I am guessing Type Theory, as you are used to it, is the field of study where we make type theories, which are formal systems where we add types to terms such that we can combine them together in sensible ways, such that we avoid paradoxes and other nasty things.

The 'Type Theory' that is equivalent to HOL, is more properly called 'Simple Type Theory', which is a kind of type theory (I apologise for the confusing sentence). In essence, 'Simple Type Theory' is just a formal system of terms and types, and is just another name for Higher Order Logic.

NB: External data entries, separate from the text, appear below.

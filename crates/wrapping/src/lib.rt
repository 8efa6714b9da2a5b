// Arithmetic that wraps, for the programs that test: a sum, and a number of a row as a word and as a byte.
#![tactic(auto)]

ghost use Rattle.std.specs.Prelude.{◌≡◌};
ghost use Rattle.wrapping.specs.Wrapping.{wrapped, word_at, byte_at};

use guards::item_at;

// The sum of two numbers; it wraps.
pub fn sum(a: usize, b: usize) -> usize
    ensures { result ≡ wrapped a b }
{
    a.wrapping_add(b)
}

// A number of a row as a word.
pub fn half(row: &[usize], i: usize) -> u16
    ensures { result ≡ word_at row.now i }
{
    (item_at(row, i) % 65536) as u16
}

// A number of a row as a byte.
pub fn octet(row: &[usize], i: usize) -> u8
    ensures { result ≡ byte_at row.now i }
{
    (item_at(row, i) % 256) as u8
}
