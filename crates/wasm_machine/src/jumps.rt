//! Branches and returns.

ghost use Rattle.std.specs.Prelude.{slice_get};
ghost use Rattle.wasm_machine.specs.Machine.{jumps, returns};
ghost use Rattle.wasm_machine.specs.MachineState.{CanMove, Moves};

use crate::machine::{MachineState, Outcome};
use wasm_code::FlatCode;

/// Branches to the target. Removes `dropped` operands under the one that the branch carries, if it carries one.
pub fn jump(code: &FlatCode, machine: &mut MachineState, target_index: usize, dropped: usize)
    requires { CanMove (jumps (slice_get code.now.targets target_index) dropped) machine.old }
    ensures { Moves (jumps (slice_get code.now.targets target_index) dropped) machine.old Outcome.Goes machine.new }
{
    let target = code.targets.as_slice()[target_index];
    machine.operands.cut(target.result, dropped);
    machine.pc = target.pc;
}

/// Returns from a function to its caller, or ends the run.
pub fn leave(machine: &mut MachineState) -> Outcome
    ensures { Moves (λ x. returns x.frames x) machine.old result machine.new }
{
    match machine.frames.pop() {
        None => Outcome::Ends,
        Some(waiting) => {
            machine.pc = waiting.pc;
            machine.locals = waiting.locals;
            Outcome::Goes
        }
    }
}
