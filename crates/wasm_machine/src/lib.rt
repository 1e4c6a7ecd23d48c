//! A machine that runs the flat code of WebAssembly functions (core section 4) and charges a budget for it.
#![tactic(auto)]

mod calls;
mod frames;
mod jumps;
mod machine;
mod operands;
mod payment;
mod plain;
mod quick;
mod run;
mod step;
mod store;

pub use calls::{add_locals, call, call_import, call_indirect, is_import, same_types};
pub use frames::{Frames, Waiting};
pub use jumps::{jump, leave};
pub use machine::{MachineState, Outcome, Quick};
pub use operands::{Operands, put_numbers};
pub use payment::pay;
pub use run::{Paused, run as go_on};
pub use store::{PAGE_BYTES, Store};
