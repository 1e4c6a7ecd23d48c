//! Runs up to their end or to the next call of an import.

ghost use Rattle.std.specs.Prelude.{◌≡◌, slice_get, IfOk, OnOk};
ghost use Rattle.wasm_spec.specs.Runs.{Run};
ghost use Rattle.wasm_machine.specs.Behaves.{Behaves};
ghost use Rattle.wasm_machine.specs.MachineState.{machine_of};
ghost use Rattle.wasm_machine.specs.Says.{Says, IsLess};
ghost use Rattle.wasm_spec.specs.Spending.{IsLater};

use crate::machine::{MachineState, Outcome, Quick};
use crate::quick::{is_plain, is_quick, take_branch, take_plain};
use crate::step::{next_step, take};
use budget_meter::Budget;
use std::alloc::AllocError;
use wasm_code::FlatCode;
use wasm_spec::{Module, TrapKind, Value, ValueType};

/// Why a run paused or ended.
#[derive(Drop)]
pub enum Paused {
    /// The outermost call returned. The topmost operand is its result.
    Done(Option<Value>),
    /// The run called the import of this index with these arguments and waits for its result, which has this type.
    HostCall(u32, Vec<u64>, Option<ValueType>),
    Trap(TrapKind),
    /// The budget cannot pay for the next instruction.
    Spent,
}

/// Runs to the end, to the next call of an import, or until the budget is spent.
pub fn run(
    source: &Module,
    code: &FlatCode,
    machine: &mut MachineState,
    budget: &mut Budget,
) -> Result<Paused, AllocError>
    requires { (r : Run) × Behaves source.now code.now (machine_of machine.old budget.old) r }
    ensures says { IfOk result (λ p. (r : Run) → Behaves source.now code.now (machine_of machine.old budget.old) r
        → Says source.now code.now r p (machine_of machine.new budget.new)) }
    ensures spends { IsLater budget.old budget.new }
    ensures less { IfOk result (λ p. IsLess code.now p (machine_of machine.old budget.old) (machine_of machine.new budget.new)) }
{
    loop {
        let next = next_step(source, code, machine, budget);
        // Most steps are plain, so this is the first test.
        if is_plain(next) {
            match take_plain(source, code, machine, budget, next) {
                Quick::Goes => {}
                Quick::Traps(kind) => return Ok(Paused::Trap(kind)),
                Quick::RunsOut => return Ok(Paused::Spent),
                Quick::NoMemory => return Err(AllocError),
            }
        } else if is_quick(next) {
            match take_branch(source, code, machine, budget, next) {
                Quick::Goes => {}
                Quick::Traps(kind) => return Ok(Paused::Trap(kind)),
                Quick::RunsOut => return Ok(Paused::Spent),
                Quick::NoMemory => return Err(AllocError),
            }
        } else {
            match take(source, code, machine, budget, next)? {
                Outcome::Goes => {}
                Outcome::Ends => return Ok(Paused::Done(machine.operands.top())),
                Outcome::Traps(kind) => return Ok(Paused::Trap(kind)),
                Outcome::RunsOut => return Ok(Paused::Spent),
                Outcome::Asks(function_index, args, result) => return Ok(Paused::HostCall(
                    function_index,
                    args,
                    result,
                )),
            }
        }
    }
}
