//! The operand stack of all open calls.

ghost use Rattle.std.specs.Prelude.{◌≡◌, ◌<◌, ◌≤◌, List, [], ◌∷◌, ◌++◌, drop, length, map, reverse, slice_get, Some, IsSome};
ghost use Rattle.std.specs.Prelude.{OnOk, OnErr, IfOk};
ghost use Rattle.wasm_spec.specs.declared.values.Value.{Value as Value_};
ghost use Rattle.wasm_spec.specs.declared.types.ValueType.TheVariants.{I32, I64};
ghost use Rattle.wasm_spec.specs.declared.values.Value.TheVariants as value;
ghost use Rattle.wasm_spec.specs.Stores.{value_of};
ghost use Rattle.wasm_spec.specs.Meaning.{arguments};
ghost use Rattle.wasm_machine.specs.Machine.{removed, cut};
ghost use Rattle.wasm_machine.specs.Numbers.{HasTop};

use std::alloc::{AllocError, Global};
use std::marker::Model;
use wasm_spec::{Value, ValueType};

/// A stack of values. Contracts see it as a list, the topmost value first.
#[derive(Drop)]
pub struct Operands {
    values: Vec<Value>,
}

impl Model for Operands {
    ghost use Rattle.std.specs.Prelude.{List, reverse};
    ghost use Rattle.wasm_spec.specs.declared.values.Value.{Value as Operand};

    ghost Value = { List Operand };

    ghost view = { λ o. reverse o.values.items };
}

/// Replaces the first values by these numbers, as `i64`.
pub fn put_numbers(values: &mut [Value], numbers: &[u64])
    requires { length numbers.now ≤ length values.old }
    ensures { values.new ≡ map value.I64 numbers.now ++ drop (length numbers.now) values.old }
{
    for (index, number) in numbers.iter().enumerate() {
        values[index] = Value::I64(*number);
    }
}

impl Operands {
    /// Makes an empty stack.
    pub fn new(alloc: Global) -> Self
        ensures { result ≡ [] }
    {
        Operands {
            values: Vec::new(alloc),
        }
    }

    /// Makes a stack of these values, the last one the topmost. Allocates no memory.
    pub fn from_vec(values: Vec<Value>) -> Self
        ensures { result ≡ reverse values.items }
    {
        Operands { values }
    }

    /// Pushes an operand.
    pub fn push(&mut self, value: Value) -> Result<(), AllocError>
        ensures ok { OnOk result (self.new ≡ value ∷ self.old) }
        ensures err { OnErr result (self.new ≡ self.old) }
    {
        self.values.push(value)?;
        Ok(())
    }

    /// Pops the topmost operand.
    pub fn pop(&mut self) -> Value
        requires { 0 < length self.old }
        ensures { self.old ≡ result ∷ self.new }
    {
        match self.values.pop() {
            Some(value) => value,
            None => unreachable!(),
        }
    }

    /// Returns the topmost operand, if there is one.
    pub fn top(&self) -> Option<Value>
        ensures { result ≡ slice_get self.now 0 }
    {
        self.values.last().copied()
    }

    /// Replaces the topmost operand.
    pub fn replace(&mut self, value: Value)
        requires { 0 < length self.old }
        ensures { (v : Value_) (below : List Value_) → self.old ≡ v ∷ below → self.new ≡ value ∷ below }
    {
        let top = self.values.len() - 1;
        self.values[top] = value;
    }

    /// Replaces all operands by these numbers, as `i64`. The last number becomes the topmost.
    pub fn replace_all(&mut self, numbers: &[u64])
        requires { length self.old ≡ length numbers.now }
        ensures { self.new ≡ reverse (map value.I64 numbers.now) }
    {
        put_numbers(&mut self.values, numbers);
    }

    /// Pops the topmost operand, which is an `i32`.
    pub fn pop32(&mut self) -> u32
        requires { HasTop I32 self.old }
        ensures { self.old ≡ value.I32 result ∷ self.new }
    {
        match self.values.pop() {
            Some(Value::I32(number)) => number,
            _ => unreachable!(),
        }
    }

    /// Pops the topmost operand, which is an `i64`.
    pub fn pop64(&mut self) -> u64
        requires { HasTop I64 self.old }
        ensures { self.old ≡ value.I64 result ∷ self.new }
    {
        match self.values.pop() {
            Some(Value::I64(number)) => number,
            _ => unreachable!(),
        }
    }

    /// Returns the topmost operand, which is an `i32`.
    #[tactic(auto, using(crate::proofs::Stack::top32_is, crate::proofs::Stack::has_top32))]
    pub fn top32(&self) -> u32
        requires { HasTop I32 self.now }
        ensures { (below : List Value_) × (self.now ≡ value.I32 result ∷ below) }
    {
        match self.top() {
            Some(Value::I32(number)) => number,
            _ => unreachable!(),
        }
    }

    /// Returns the topmost operand, which is an `i64`.
    #[tactic(auto, using(crate::proofs::Stack::top64_is, crate::proofs::Stack::has_top64))]
    pub fn top64(&self) -> u64
        requires { HasTop I64 self.now }
        ensures { (below : List Value_) × (self.now ≡ value.I64 result ∷ below) }
    {
        match self.top() {
            Some(Value::I64(number)) => number,
            _ => unreachable!(),
        }
    }

    /// Removes the `count` topmost operands.
    pub fn remove(&mut self, count: usize)
        requires { IsSome (removed count self.old) }
        ensures { removed count self.old ≡ Some self.new }
    {
        self.values.truncate(self.values.len() - count);
    }

    /// Removes `count` operands under the one that a branch carries, if it carries one.
    pub fn cut(&mut self, carried: Option<ValueType>, count: usize)
        requires { IsSome (cut carried count self.old) }
        ensures { cut carried count self.old ≡ Some self.new }
    {
        match carried {
            None => self.remove(count),
            Some(_) => {
                let top = self.values.len() - 1;
                self.values[top - count] = self.values[top];
                self.values.truncate(top + 1 - count);
            }
        }
    }

    /// Pops the `count` topmost operands and returns them in the order in which they were pushed.
    pub fn take_arguments(&mut self, count: usize) -> Result<Vec<Value>, AllocError>
        requires { IsSome (arguments count [] self.old) }
        ensures { IfOk result (λ args. arguments count [] self.old ≡ Some (args.items, self.new)) }
    {
        let rest = self.values.len() - count;
        self.values.split_off(rest)
    }
}
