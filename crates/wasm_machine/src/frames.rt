//! The stack of waiting calls.

ghost use Rattle.std.specs.Prelude.{◌≡◌, [], ◌∷◌, length, OnOk, OnErr, IfSome, IfNone};
ghost use Rattle.wasm_machine.specs.Frames.{frame_of};

use std::alloc::{AllocError, Global};
use std::marker::Model;
use wasm_spec::Value;

/// A call that waits for its callee: the index of the step behind the call, and its locals.
#[derive(Drop)]
pub struct Waiting {
    pub pc: usize,
    pub locals: Vec<Value>,
}

/// The stack of waiting calls. Contracts see it as a list, the innermost call first.
#[derive(Drop)]
pub struct Frames {
    calls: Vec<Waiting>,
}

impl Model for Frames {
    ghost use Rattle.std.specs.Prelude.{List, reverse, map};
    ghost use Rattle.wasm_machine.specs.Machine.{Frame};

    ghost Value = { List Frame };

    ghost use Rattle.wasm_machine.specs.Frames.{frame_of};

    ghost view = { λ f. reverse (map frame_of f.calls.items) };
}

impl Frames {
    /// Makes an empty stack.
    pub fn new(alloc: Global) -> Self
        ensures { result ≡ [] }
    {
        Frames {
            calls: Vec::new(alloc),
        }
    }

    /// Returns the number of waiting calls.
    pub fn count(&self) -> usize
        ensures { result ≡ length self.now }
    {
        self.calls.len()
    }

    /// Pushes a call that waits for its callee.
    pub fn push(&mut self, call: Waiting) -> Result<(), AllocError>
        ensures ok { OnOk result (self.new ≡ frame_of call ∷ self.old) }
        ensures err { OnErr result (self.new ≡ self.old) }
    {
        self.calls.push(call)?;
        Ok(())
    }

    /// Pops the innermost waiting call, if there is one.
    pub fn pop(&mut self) -> Option<Waiting>
        ensures some { IfSome result (λ call. self.old ≡ frame_of call ∷ self.new) }
        ensures none { IfNone result ((self.old ≡ []) × (self.new ≡ [])) }
    {
        self.calls.pop()
    }
}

Also, I have to be careful here, because Higher Order Logic also has two meanings. The first sense is as a kind of logic. First order logic can quantify over objects from the domain of discourse (the set of all things we want to talk about). For example $\forall x. \forall y. x = y$ is the statement in first order logic that everything in the domain of discourse is equal.

Second order logic can quantify over the set things can be in, third order logic can quantify over the set of sets things can be in, and so on. Higher order logic is then a logic that can quantify over everything $n$-order logic can, for all $n$. Simple Type Theory is just a (but not the only) higher-order logic.

The fact that 'higher order logic' is synonymous with simple type theory came about because, as best I can tell, the HOL proof assistant used a slight extension of the Simple Type Theory as their type theory/logic, and the name stuck.

Part two, on logic and type theory.

The difference between type theory and logic can be somewhat convoluted (I even confused myself in an earlier revision of this answer). This is mainly due to how intertwined they are.

Type theory came about, in part, because of fundamental problems with logic discovered in the early 1900s by Russell and his peers. Summarising Russell's basic idea, the problems he was having was due to self reference, so he added types to proofs such that every proof term lived in a type, and constructed it in a way such that they weren't self-referential.

Part three, the Curry-Howard correspondence.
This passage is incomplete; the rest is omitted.